Lordship Salvation + Assurance = Easy Believism
Antonio has done an excellent job in his blog of demonstaring how Calvinistic theology destroys assurance. Indeed many Calvinists no doubt do lack assurance that they are truly saved.
However, there are many who believe in Lordship salvation (holding that personal holiness and perserverance are essential elements of salvation) to varying degrees who have a strong sense of assurance. They may pay lip service to the idea that there is a false faith, but they would never question the reality of their own faith in Christ. In their theological reasonings they may make faith complicated and attack 'mere mental assent', but practically they know when they believe something and when they do not. They know very well that they are eternally secure in Christ, even though they believe that this must inevitably result in perserverance in the faith.
Until last year I favoured a Reformed approach to Sanctification and held to Calvinistic Perserverance. However, I had a strong assurance of my salvation. I knew my faith was real. I knew for certain that Christ had died for my sins and was raised for my justification. This was rightly my confidence.
This of course was a problem in terms of dealing with Biblical warnings and exhortations.
"Even so faith , if it hath not works, is dead, being alone."
While I was vaguely aware that there was an alternative interpretation, I assumed that this meant that genuine faith must have works.

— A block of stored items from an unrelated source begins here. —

//! What is told of a board's text that is refused.

ghost use Rattle.std.specs.Prelude.{◌≡◌, ◌++◌, [], get_or, map, option_map, IfOk, OnOk};
ghost use Rattle.aces_explain.specs.BoardRules.{rule_of};
ghost use Rattle.aces_explain.specs.BoardTold as told;
ghost use Rattle.aces_explain.specs.Explanations.{rule_line};

use crate::board_rules::put_rule;
use crate::key_lines::{key_line, lines};
use plan_board::fault::BoardFault;
use plan_report::text::Text;
use std::alloc::{AllocError, Global};

/// The most bytes that are shown of a line.
const SHOWN_LIMIT: usize = 120;

/// Puts two texts.
fn put_both(text: &mut Text, first: &[u8], second: &[u8]) -> Result<(), AllocError>
    ensures { OnOk result (text.new ≡ text.old ++ (first.now ++ second.now)) }
{
    text.put(first)?;
    text.put(second)
}

/// Puts the words of a fault.
fn put_words(text: &mut Text, fault: &BoardFault) -> Result<(), AllocError>
    ensures { OnOk result (text.new ≡ text.old ++ told.words_of fault.now) }
{
    match fault {
        BoardFault::NoMemory => text.put(b"out of memory"),
        BoardFault::NotToml => text.put(b"not TOML"),
        BoardFault::Missing(key) => put_both(text, b"missing ", key.path().as_bytes()),
        BoardFault::Kind(key) => put_both(text, b"kind ", key.path().as_bytes()),
        BoardFault::Range(key) => put_both(text, b"range ", key.path().as_bytes()),
        BoardFault::DeniedKind(path) => put_both(text, b"kind ", path.as_slice()),
        BoardFault::DeniedRange(path) => put_both(text, b"range ", path.as_slice()),
        BoardFault::Extra(path) => put_both(text, b"extra ", path.as_slice()),
    }
}

/// The path of the key at which a fault stands in the text.
fn standing(fault: &BoardFault) -> Option<&[u8]>
    ensures { option_map (λ path. path.now) result ≡ told.standing fault.now }
{
    match fault {
        BoardFault::NoMemory | BoardFault::NotToml | BoardFault::Missing(_) => None,
        BoardFault::Kind(key) | BoardFault::Range(key) => Some(key.path().as_bytes()),
        BoardFault::DeniedKind(path) | BoardFault::DeniedRange(path) | BoardFault::Extra(path) => {
            Some(path.as_slice())
        }
    }
}

/// The line of a fault, if there is one; from 0.
fn place_of(lines: &[&[u8]], fault: &BoardFault) -> Option<usize>
    ensures { result ≡ told.place_of (map (λ line. line.now) lines.now) fault.now }
{
    match standing(fault) {
        None => None,
        Some(path) => key_line(path, lines),
    }
}

/// A line without the carriage return at its end.
fn without_return(line: &[u8]) -> &[u8]
    ensures { result.now ≡ told.without_return line.now }
{
    match line {
        [front @ .., b'\r'] => front,
        _ => line,
    }
}

/// What is shown of a line.
fn shown_part(line: &[u8]) -> &[u8]
    ensures { result.now ≡ told.shown line.now }
{
    let line = without_return(line);
    if line.len() <= SHOWN_LIMIT {
        return line;
    }
    let (front, _) = line.split_at(SHOWN_LIMIT);
    front
}

/// Puts a line's place, by its number from 0.
fn put_place(text: &mut Text, place: Option<usize>) -> Result<(), AllocError>
    ensures { OnOk result (text.new ≡ text.old ++ told.place_text place) }
{
    let Some(number) = place else {
        return Ok(());
    };
    let Some(number) = (number as u64).checked_add(1) else {
        return Err(AllocError);
    };
    text.put(b":")?;
    text.put_decimal(number)
}

/// Puts the line on a fault.
fn put_head(
    text: &mut Text,
    name: &[u8],
    place: Option<usize>,
    fault: &BoardFault,
) -> Result<(), AllocError>
    ensures { OnOk result (text.new ≡ text.old ++ told.head_line name.now place fault.now) }
{
    text.put(name)?;
    put_place(text, place)?;
    text.put(b": ")?;
    put_words(text, fault)?;
    text.put(b"\n")
}

/// The line of a number; empty for an absent one.
fn line_at<'a>(lines: &[&'a [u8]], number: usize) -> &'a [u8]
    ensures { result.now ≡ get_or (map (λ line. line.now) lines.now) number [] }
{
    match lines.get(number) {
        None => b"",
        Some(line) => *line,
    }
}

/// Puts the line of the text at which a fault stands, if there is one.
fn put_shown(text: &mut Text, lines: &[&[u8]], place: Option<usize>) -> Result<(), AllocError>
    ensures { OnOk result (text.new ≡ text.old ++ told.shown_line (map (λ line. line.now) lines.now) place) }
{
    match place {
        None => Ok(()),
        Some(number) => put_both(text, shown_part(line_at(lines, number)), b"\n"),
    }
}

/// Puts the line on the rule that a text breaks.
fn put_rule_line(text: &mut Text, fault: &BoardFault) -> Result<(), AllocError>
    ensures { OnOk result (text.new ≡ text.old ++ rule_line (rule_of fault.now)) }
{
    text.put(b"rule ")?;
    put_rule(text, fault)?;
    text.put(b"\n")
}

/// Puts what is told of a text by its lines.
fn put_told(
    text: &mut Text,
    name: &[u8],
    lines: &[&[u8]],
    fault: &BoardFault,
) -> Result<(), AllocError>
    ensures { OnOk result (text.new ≡ text.old ++ told.told_in name.now (map (λ line. line.now) lines.now) fault.now) }
{
    let place = place_of(lines, fault);
    put_head(text, name, place, fault)?;
    put_shown(text, lines, place)?;
    put_rule_line(text, fault)
}

/// Why the text of a board is refused: the line on the fault, the line of the text where its key stands, and the rule.
///
/// # Errors
///
/// There is no memory for it.
pub fn board_told(
    alloc: Global,
    name: &[u8],
    text: &[u8],
    fault: &BoardFault,
) -> Result<Vec<u8>, AllocError>
    ensures { IfOk result (λ lines. lines.items ≡ told.board_told name.now text.now fault.now) }
{
    let lines = lines(alloc, text)?;
    let mut told = Text::new(alloc);
    put_told(&mut told, name, &lines, fault)?;
    Ok(told.into_bytes())
}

Now, I never liked the book of James very much. I felt it was tougth teaching. However, I did not let it bother me. I was absolutely confident that my faith was real. Therefore, logically I must be doing works. As my faith was real, I must obviously be doing sufficent works to demonstrate the reality of my salvation. They might not always be good enougth to satisfy my conscience, but they obvioulsy must be real because God was at work in my life sanctifying me.
I read devotional books by Calvinist writers, in particular 'Holiness' by J.C. Ryle. In this collection of papers, Ryle warned Christians to look at their behavior and to question their salvation. It was challenging stuff, but it did not worry too much. I had absolute confidence that Jesus Christ paid the penalty for my sin and that I had life in Him. Therefore, I was saved, regardless of the fact that J.C. Ryle's papers made me uncomfortable.

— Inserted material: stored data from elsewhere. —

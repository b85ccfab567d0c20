// The log of a device in memory. A call for whose entry no memory was found is counted.
ghost use Rattle.std.specs.Prelude.{◌≡◌, ℕ, ◌+◌, ◌<◌, ◌≤◌, ◌^◌, ◌++◌, ◌∷◌, [], length, replicate, take, IsOk, OnOk, OnErr};
ghost use Rattle.std.specs.Bool.{OnTrue, OnFalse};
ghost use Rattle.page_device.specs.Disk.{DeviceState, state_after};
ghost use Rattle.page_device.specs.Memory.{lost_call, kept_at};

use crate::{LogEntry, NoMemory};
use std::alloc::Global;
use std::marker::Model;

#[derive(Drop)]
pub struct Log {
    entries: Vec<LogEntry>,
    // For each entry, the calls directly before it for which no memory was found.
    lost_before: Vec<u64>,
    // The calls since the last entry for which no memory was found.
    lost: u64,
}

impl Model for Log {
    ghost use Rattle.std.specs.Prelude.{◌≡◌, ◌-◌, ◌++◌, length, replicate, min, vec_len, vec_capacity};
    ghost use Rattle.page_device.specs.Memory.{LogView, entries_of, lost_call};

    ghost Value = { LogView };

    ghost view = { λ l. record {
      all = entries_of l.entries.items l.lost_before.items ++ replicate l.lost lost_call;
      kept = l.entries.items;
      spare = min (vec_capacity l.entries - vec_len l.entries) (vec_capacity l.lost_before - vec_len l.lost_before);
    } };

    ghost invariant = { λ l. length l.lost_before.items ≡ length l.entries.items };
}

impl Log {
    pub fn new(alloc: Global) -> Log
        ensures all { result.all ≡ [] }
        ensures kept { result.kept ≡ [] }
    {
        Log {
            entries: Vec::new(alloc),
            lost_before: Vec::new(alloc),
            lost: 0,
        }
    }

    /// Makes room for at least so many further entries.
    pub fn reserve(&mut self, entries: usize) -> Result<(), NoMemory>
        ensures all { self.new.all ≡ self.old.all }
        ensures kept { self.new.kept ≡ self.old.kept }
        ensures ok { OnOk result (entries ≤ self.new.spare) }
        ensures spare { self.old.spare ≤ self.new.spare }
        ensures succeeds { entries ≤ self.old.spare → IsOk result }
    {
        if self.entries.reserve(entries).is_err() {
            return Err(NoMemory);
        }
        if self.lost_before.reserve(entries).is_err() {
            return Err(NoMemory);
        }
        Ok(())
    }

    /// Keeps an entry, for which there is room.
    pub fn keep(&mut self, entry: LogEntry)
        requires { 0 < self.old.spare }
        ensures all { self.new.all ≡ self.old.all ++ entry ∷ [] }
        ensures kept { self.new.kept ≡ self.old.kept ++ entry ∷ [] }
        ensures spare { self.old.spare ≡ self.new.spare + 1 }
    {
        self.entries.push_reserved(entry);
        self.lost_before.push_reserved(self.lost);
        self.lost = 0;
    }

    /// Counts a call for whose entry no memory was found.
    pub fn lose(&mut self)
        ensures counted { length self.new.all + 1 < 2 ^ 64 → self.new.all ≡ self.old.all ++ lost_call ∷ [] }
        ensures some { (n : ℕ) × (self.new.all ≡ self.old.all ++ replicate n lost_call) }
        ensures one { length self.new.all ≤ length self.old.all + 1 }
        ensures kept { self.new.kept ≡ self.old.kept }
        ensures spare { self.new.spare ≡ self.old.spare }
    {
        self.lost = self.lost.saturating_add(1);
    }

    /// The entries that were kept.
    pub fn kept(&self) -> &[LogEntry]
        ensures { result.now ≡ self.now.kept }
    {
        self.entries.as_slice()
    }

    /// How many of the kept entries are among the first `at` calls. Goes over the log.
    pub fn kept_by(&self, at: u64) -> usize
        ensures within { result ≤ length self.now.kept }
        ensures state { (s : DeviceState) → state_after s (take result self.now.kept) ≡ state_after s (take at self.now.all) }
    {
        kept_among(&self.lost_before, at)
    }
}

// Of entries that so many lost calls stand before, how many are among the first `at` calls.
fn kept_among(lost_before: &[u64], at: u64) -> usize
    ensures { result ≡ kept_at lost_before.now at }
{
    let mut left = at;
    for (i, lost) in lost_before.iter().enumerate() {
        if left <= *lost {
            return i;
        }
        left = left - *lost - 1;
    }
    lost_before.len()
}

The fact was that so long as I had assurance of being a justified sinner, my Lordship salvation theology actually lead me into the same 'Easy Believism' that Free Grace advocates are accused of.
What challenged my thinking was Ananias and Saphirah. I had always accepted the possiblity that Ananias and Saphirah might have been saved, but I had never given it much thought. However, when I began studying J.N. Darby and other Brethren writers, I was surprised to find that they connected the deaths of this couple to the 'Sin unto death' in 1 John 5:16. I had been troubled before by Arminians using this verse to prove the possiblity of Christians being lost forever. However, the idea that this was physical death made so much more sense.

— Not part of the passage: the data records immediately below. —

ghost use Rattle.std.specs.Prelude.{◌≤◌};

use super::graph::{add_live, enter};
use dep_graph::Graph;
use release_queue::{
    FIXED, NOT_WRITTEN, Need, NoMemory, Queue, Release, UNBORN, WRITTEN, Wanted, blocked, needs,
};
use std::process::Abort;

// A graph, the map, count and print page of a release and its stage, whether its page loses its last print, and whether it has to
// wait.
struct Row {
    edges: &'static [(u32, u32)],
    pages: (u32, u32, u32),
    stage: u8,
    last_print: bool,
    waits: bool,
}

// In an image of 4 blocks and 4 pages, page 1 is of the map, 2 of the counts, 3 of the prints, and the data follow. In one of 2048
// and 2048, 1 is of the map, 3 and 4 are of the counts, and 5 is the first of the prints.
const ROWS: [Row; 6] = [
    // A block is written anew: its map page waits for the count page that the release would make wait for the map page.
    Row {
        edges: &[(2, 1), (2, 3), (5, 1), (5, 3)],
        pages: (1, 2, 3),
        stage: NOT_WRITTEN,
        last_print: true,
        waits: true,
    },
    // The fresh page has its count in another count page.
    Row {
        edges: &[(4, 1), (4, 11), (1042, 1), (1042, 11)],
        pages: (1, 3, 5),
        stage: NOT_WRITTEN,
        last_print: true,
        waits: false,
    },
    // Then a second block of that map page takes a page with its count in the first count page.
    Row {
        edges: &[(5, 3), (3, 1)],
        pages: (1, 3, 5),
        stage: NOT_WRITTEN,
        last_print: true,
        waits: true,
    },
    // Once everything is on the device nothing stands in the way.
    Row {
        edges: &[],
        pages: (1, 2, 3),
        stage: FIXED,
        last_print: true,
        waits: false,
    },
    // An unborn name needs no edge, but a print that was on the device does.
    Row {
        edges: &[(2, 1), (2, 3)],
        pages: (1, 2, 3),
        stage: UNBORN,
        last_print: true,
        waits: true,
    },
    Row {
        edges: &[(2, 1), (2, 3)],
        pages: (1, 2, 3),
        stage: UNBORN,
        last_print: false,
        waits: false,
    },
];

// What the first block owes the first data page.
fn owed(pages: (u32, u32, u32), stage: u8) -> Release
    ensures { result.stage ≤ 3 }
{
    Release {
        block: 0,
        page: 1,
        map_at: pages.0,
        count_at: pages.1,
        print_at: pages.2,
        stage: stage.min(UNBORN),
        look: true,
    }
}

// Enters two pages, and adds an edge between them where it may stand.
fn add(graph: &mut Graph, before: u32, after: u32) -> Result<bool, NoMemory> {
    enter(graph, before)?;
    enter(graph, after)?;
    add_live(graph, before, after)
}

#[test]
fn waits_for_cycles(rt: HostRuntime) -> Result<(), NoMemory> {
    for row in &ROWS {
        let mut graph = Graph::new(rt.alloc());
        for (before, after) in row.edges {
            let added = add(&mut graph, *before, *after)?;
            assert!(&rt; added);
        }
        let release = owed(row.pages, row.stage);
        let waits = blocked(&mut graph, &release, row.last_print);
        assert!(&rt; waits == row.waits);
    }
    Ok(())
}

fn push(queue: &mut Queue, pages: (u32, u32, u32), stage: u8) -> bool {
    if queue.full() {
        return false;
    }
    queue.push(owed(pages, stage));
    true
}

fn at(queue: &Queue, i: u32) -> Option<Release> {
    if i < queue.len() {
        Some(*queue.at(i))
    } else {
        None
    }
}

fn remove(queue: &mut Queue, i: u32) -> Option<Release> {
    if i < queue.len() {
        Some(queue.remove(i))
    } else {
        None
    }
}

fn stages(queue: &Queue) -> [Option<u8>; 3] {
    let mut stages = [None; 3];
    for i in 0..3u32 {
        stages[i as usize] = at(queue, i).map(|release| release.stage);
    }
    stages
}

// Two releases of map page 1 and one of map page 2: a write, a barrier, and a removal.
#[test]
fn moves_on(rt: HostRuntime) -> Result<(), NoMemory> {
    let mut queue = Queue::new(rt.alloc(), 3)?;
    assert!(&rt; push(&mut queue, (1, 3, 5), NOT_WRITTEN));
    assert!(&rt; push(&mut queue, (2, 3, 5), NOT_WRITTEN));
    assert!(&rt; push(&mut queue, (1, 4, 5), UNBORN));
    assert!(&rt; !push(&mut queue, (1, 4, 5), NOT_WRITTEN));
    queue.map_written(1);
    assert!(&rt; stages(&queue) == [Some(WRITTEN), Some(NOT_WRITTEN), Some(UNBORN)]);
    queue.fixed();
    assert!(&rt; stages(&queue) == [Some(FIXED), Some(NOT_WRITTEN), Some(UNBORN)]);
    assert!(&rt; remove(&mut queue, 1) == Some(owed((2, 3, 5), NOT_WRITTEN)));
    assert!(&rt; stages(&queue) == [Some(FIXED), Some(UNBORN), None]);
    assert!(&rt; queue.len() == 2 && !queue.full());
    Ok(())
}

fn looked(queue: &mut Queue, i: u32) {
    if i < queue.len() {
        queue.looked(i);
    }
}

// Those that are to be looked at, as a pass finds them.
fn looks(queue: &Queue) -> [bool; 3] {
    let mut looks = [false; 3];
    for i in 0..3u32 {
        looks[i as usize] = queue.next_look(i) == Some(i);
    }
    looks
}

// All three were looked at, and then something changed: the pages of a call, and which of the releases it frees.
#[test]
fn looks_again(rt: HostRuntime) -> Result<(), NoMemory> {
    let mut queue = Queue::new(rt.alloc(), 3)?;
    for count_page in [3, 4, 3] {
        assert!(&rt; push(&mut queue, (1, count_page, 5), NOT_WRITTEN));
    }
    assert!(&rt; looks(&queue) == [true, true, true]);
    for i in 0..3u32 {
        looked(&mut queue, i);
    }
    assert!(&rt; queue.next_look(0) == None);
    queue.map_written(1);
    queue.fixed();
    assert!(&rt; queue.next_look(0) == None);
    queue.count_written(4);
    assert!(&rt; looks(&queue) == [false, true, false]);
    queue.page_changed(1);
    assert!(&rt; looks(&queue) == [true, true, true]);
    Ok(())
}

fn wanted(stage: u8, last_print: bool) -> Wanted {
    needs(&owed((1, 2, 3), stage), last_print)
}

#[test]
fn needed(rt: HostRuntime) {
    for (stage, from_map) in [
        (NOT_WRITTEN, Need::Live),
        (WRITTEN, Need::Barrier),
        (FIXED, Need::Nothing),
        (UNBORN, Need::Nothing),
    ] {
        assert!(&rt;
            wanted(stage, false)
                == Wanted {
                    from_map,
                    from_print: Need::Nothing
                }
        );
        assert!(&rt;
            wanted(stage, true)
                == Wanted {
                    from_map,
                    from_print: Need::Live
                }
        );
    }
}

The idea that Biblical warnings might be to believers instead of false professors completely turned my theology upside down. The doctrine of God's chastening now seemed so much more real. If failure to walk in faithfulness had dreadful consequences, then the denial of Perserverance didd not necessarilly lead to 'Easy Believism' as I had thought. I was now able to see that Lordship salvation either leads one to question his assurance of salvation or else to genuine 'Easy Believism'.